This is the second task of the interview process which consists of YUL language , Optimization Passes and memory-safe assembly in solidity.

After the First task , the recruiter gave me a week to learn YUL language which is intermediate language for EVM.

I have refered these resources YUL basics ,YUL Documentation .

After one week , He asked me about StackLimitEvader and how it works.

StackLimitEvader ?

StackLimitEvader is a low-level optimization pass used in Yul to prevent stack-too-deep errors. These errors occur when there are too many variables on the stack at once.

However, this transformation is only enabled in the absence of inline assembly for now, since there is no way to indicate that inline assembly will respect Solidity’s memory model, which is a prerequisite for the transformation to be valid.
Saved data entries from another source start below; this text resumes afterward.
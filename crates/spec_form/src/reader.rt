//! Reading forms.

ghost use Rattle.std.specs.Prelude.{◌≡◌, ◌≢◌, [], false, reverse, IfOk};
ghost use Rattle.depot_path.specs.Answers.{Answers, on_ok};
ghost use Rattle.spec_form.specs.Shapes.{seen_rows};
ghost use Rattle.spec_form.specs.Texts.{text_lines};
ghost use Rattle.spec_form.specs.Form.{value_lines as lines_of_value};
ghost use Rattle.spec_form.specs.Reading.{begun, continued, first_lines as first_lines_of, in_front, lacks, line_read, lines_read, new_field as field_of_line, no_memory};
ghost use Rattle.spec_form.specs.declared.fault.FormFaultKind.TheVariants.{Memory};

use crate::cut::{cut_at, first_line, trim_end, trim_start};
use crate::fault::{FormFault, FormFaultKind};
use crate::fields::Fields;
use crate::form::Field;
use crate::shape::{FieldKind, FieldRow, Shape};
use depot_path::{Sequence, Text};
use std::alloc::{AllocError, Global};

/// The lines of a single field of this value.
pub fn value_lines(alloc: Global, value: &[u8]) -> Result<Sequence<Text>, AllocError>
    ensures { IfOk result (λ lines. lines ≡ lines_of_value value.now) }
{
    let mut lines = Sequence::new(alloc);
    match value {
        [] => Ok(lines),
        [_, ..] => {
            lines.push(Text::from_bytes(alloc, value)?)?;
            Ok(lines)
        }
    }
}

/// The first lines of a field, of what follows its name.
fn first_lines(alloc: Global, kind: FieldKind, rest: &[u8]) -> Result<Sequence<Text>, AllocError>
    ensures { IfOk result (λ lines. lines ≡ first_lines_of kind rest.now) }
{
    match kind {
        FieldKind::Single => value_lines(alloc, trim_start(rest)),
        FieldKind::Lines => value_lines(alloc, trim_end(trim_start(rest))),
    }
}

/// Whether a field is absent that these rows require.
pub fn lacks_required(mut rows: &[FieldRow], fields: &Fields) -> bool
    ensures { result ≡ lacks (seen_rows rows.entry.now) fields.now }
{
    while let [row, rest @ ..] = rows {
        if row.2 && !fields.has(row.0) {
            return true;
        }
        rows = rest;
    }
    false
}

/// A field of this name and kind.
fn begin(
    alloc: Global,
    kind: Option<FieldKind>,
    name: &[u8],
    rest: &[u8],
) -> Result<Field, FormFaultKind>
    ensures { Answers FormFaultKind.Memory result (begun kind false name.now rest.now) }
{
    match kind {
        None => Err(FormFaultKind::UnknownField),
        Some(kind) => Ok(Field {
            name: Text::from_bytes(alloc, name)?,
            lines: first_lines(alloc, kind, rest)?,
        }),
    }
}

/// The field that a line begins, whatever fields there are.
fn new_field(alloc: Global, shape: Shape, line: &[u8]) -> Result<Field, FormFaultKind>
    ensures { Answers FormFaultKind.Memory result (field_of_line shape line.now []) }
{
    match cut_at(line, b':') {
        None => Err(FormFaultKind::NoField),
        Some((name, rest)) => begin(alloc, shape.kind(name), name, rest),
    }
}

/// Reads a further line, which the last field goes on with.
fn read_further(
    alloc: Global,
    shape: Shape,
    line: &[u8],
    fields: &mut Fields,
) -> Result<(), FormFaultKind>
    ensures { Answers FormFaultKind.Memory (on_ok (λ _. reverse fields.new) result) (continued shape line.now (reverse fields.old)) }
{
    match fields.last_kind(shape) {
        Some(FieldKind::Lines) => {
            fields.add_line(Text::from_bytes(alloc, trim_end(trim_start(line)))?)?;
            Ok(())
        }
        Some(FieldKind::Single) | None => Err(FormFaultKind::NoField),
    }
}

/// Reads the line that begins a field.
fn read_first(
    alloc: Global,
    shape: Shape,
    line: &[u8],
    fields: &mut Fields,
) -> Result<(), FormFaultKind>
    ensures { Answers FormFaultKind.Memory (on_ok (λ _. reverse fields.new) result) (in_front (reverse fields.old) (field_of_line shape line.now (reverse fields.old))) }
{
    fields.add(new_field(alloc, shape, line)?)
}

/// Reads one line into the fields.
fn read_line(
    alloc: Global,
    shape: Shape,
    line: &[u8],
    fields: &mut Fields,
) -> Result<(), FormFaultKind>
    ensures { Answers FormFaultKind.Memory (on_ok (λ _. reverse fields.new) result) (line_read shape line.now (reverse fields.old)) }
{
    match line {
        [] => Ok(()),
        [b'#', ..] => Ok(()),
        [b' ' | b'\t', ..] => read_further(alloc, shape, line, fields),
        [_, ..] => read_first(alloc, shape, line, fields),
    }
}

/// A fault of a line, or want of memory, which is of none.
fn fault_at(what: FormFaultKind, line: usize) -> FormFault
    ensures memory { what ≡ Memory → result ≡ no_memory }
    ensures other { what ≢ Memory → result ≡ record { what = what; line = line } }
{
    match what {
        FormFaultKind::Memory => FormFault::whole(what),
        _ => FormFault { what, line },
    }
}

/// Reads the fields of a form, line by line.
pub fn read_fields(alloc: Global, text: &[u8], shape: Shape) -> Result<Fields, FormFault>
    ensures { Answers no_memory (on_ok (λ fields. reverse fields) result) (lines_read shape 1 (text_lines text.now) []) }
{
    let mut fields = Fields::new(alloc);
    let mut rest = text;
    let mut number = 1;
    while !rest.is_empty() {
        let (line, behind) = first_line(rest);
        if let Err(what) = read_line(alloc, shape, line, &mut fields) {
            return Err(fault_at(what, number));
        }
        rest = behind;
        number += 1;
    }
    Ok(fields)
}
To enable the StackLimitEvader, Yul code needs to indicate that it respects an area of reserved memory. This can be done with the memoryguard function.

If you want to skip the code flow of How StackLimitEvader pass works Please click here Example

How the StackLimitEvader pass work.

code

Suite.cpp file which executes various optimization steps, including the StackLimitEvader technique. The StackLimitEvader::run function is called, which in turn calls two other run functions in the StackLimitEvader.cpp file.

Suite.cpp → calls StackLimitEvader(context,object) → Move the Stack to Memory.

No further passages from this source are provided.